--- Assigned task ---
At the line containing "let mut size = size;", start repeating the entries exactly, and continue through the last line.

--- Provided records ---

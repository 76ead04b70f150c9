//! Goes through the records of a file, from gate to gate.
ghost use Rattle.std.specs.Prelude.{◌≡◌, ◌<◌, List, ℕ, Some, length, IfOk, IsErrOf};
ghost use Rattle.disk_core.specs.Contents.{Told};
ghost use Rattle.disk_core.specs.Moments.{IsQuiet};
ghost use Rattle.job_ledger.specs.Records.{HasNoRun, IsBrokenAt};
ghost use Rattle.job_ledger.specs.Spans.{ArePlaced};
ghost use Rattle.job_ledger.specs.Stops.{IsCaused};
ghost use Rattle.job_ledger.specs.Walks.{HasSpans};

use crate::LedgerStop;
use crate::entry::{Entry, HEAD, entry_of};
use crate::span::Span;
use crate::window::Window;
use disk_core::{Disk, file_len};
use std::alloc::Global;

/// Where the payloads of a file of this size lie, and its first closed gate. Reads each block once, but for the head of a
/// record that lies on the seam of two. Beside a writer a gate may be open by then whose record the size leaves out: so the
/// size is asked for again before a record is called broken.
pub(crate) fn walk<D: Disk>(
    alloc: Global,
    disk: &mut D,
    size: u64,
) -> Result<(Vec<Span>, u64), LedgerStop>
    ensures quiet { IsQuiet D.seen D.images D.moment D.since disk.old disk.new }
    ensures placed { IfOk result (λ r. ArePlaced r.0.items r.1) }
    ensures some { IfOk result (λ r. 0 < length r.0.items) }
    ensures records { IfOk result (λ r. Told (D.seen disk.old) (λ f. size ≡ length f → HasSpans r.0.items f)) }
    ensures none { IsErrOf result LedgerStop.NoRun → Told (D.seen disk.old) (λ f. size ≡ length f → HasNoRun f) }
    ensures bad { (place : ℕ) → IsErrOf result (LedgerStop.BadLedger place) → Told (D.seen disk.old) (λ f. size ≡ length f → IsBrokenAt place f) }
    ensures never_has { IsErrOf result LedgerStop.HasRun → ⊥ }
    ensures never_past { (need most : ℕ) → IsErrOf result (LedgerStop.LedgerLimit need most) → ⊥ }
    ensures cause { IsCaused (D.faults disk.old) (D.faults disk.new) result }
{
    let mut spans = Vec::new(alloc);
    let mut at = 0u64;
    let mut size = size;
    if size == 0 {
        return Err(LedgerStop::NoRun);
    }
    let mut window = Window::new(alloc);
    'records: loop {
        window.reach(disk, at, size)?;
        match entry_of(window.head(at), size - at) {
            Entry::Closed => {
                if spans.is_empty() {
                    return Err(LedgerStop::NoRun);
                }
                return Ok((spans, at));
            }
            Entry::Record(len) => {
                let start = at + HEAD as u64;
                spans.push(Span { at: start, len })?;
                at = start + len;
            }
            Entry::Broken => {
                let now = file_len(disk)?;
                if now <= size {
                    return Err(LedgerStop::BadLedger {
                        place: spans.len() as u64 + 1,
                    });
                }
                size = now;
            }
        }
    }
}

--- Written answer ---
    let mut size = size;
    if size == 0 {
        return Err(LedgerStop::NoRun);
    }
    let mut window = Window::new(alloc);
    'records: loop {
        window.reach(disk, at, size)?;
        match entry_of(window.head(at), size - at) {
            Entry::Closed => {
                if spans.is_empty() {
                    return Err(LedgerStop::NoRun);
                }
                return Ok((spans, at));
            }
            Entry::Record(len) => {
                let start = at + HEAD as u64;
                spans.push(Span { at: start, len })?;
                at = start + len;
            }
            Entry::Broken => {
                let now = file_len(disk)?;
                if now <= size {
                    return Err(LedgerStop::BadLedger {
                        place: spans.len() as u64 + 1,
                    });
                }
                size = now;
            }
        }
    }
}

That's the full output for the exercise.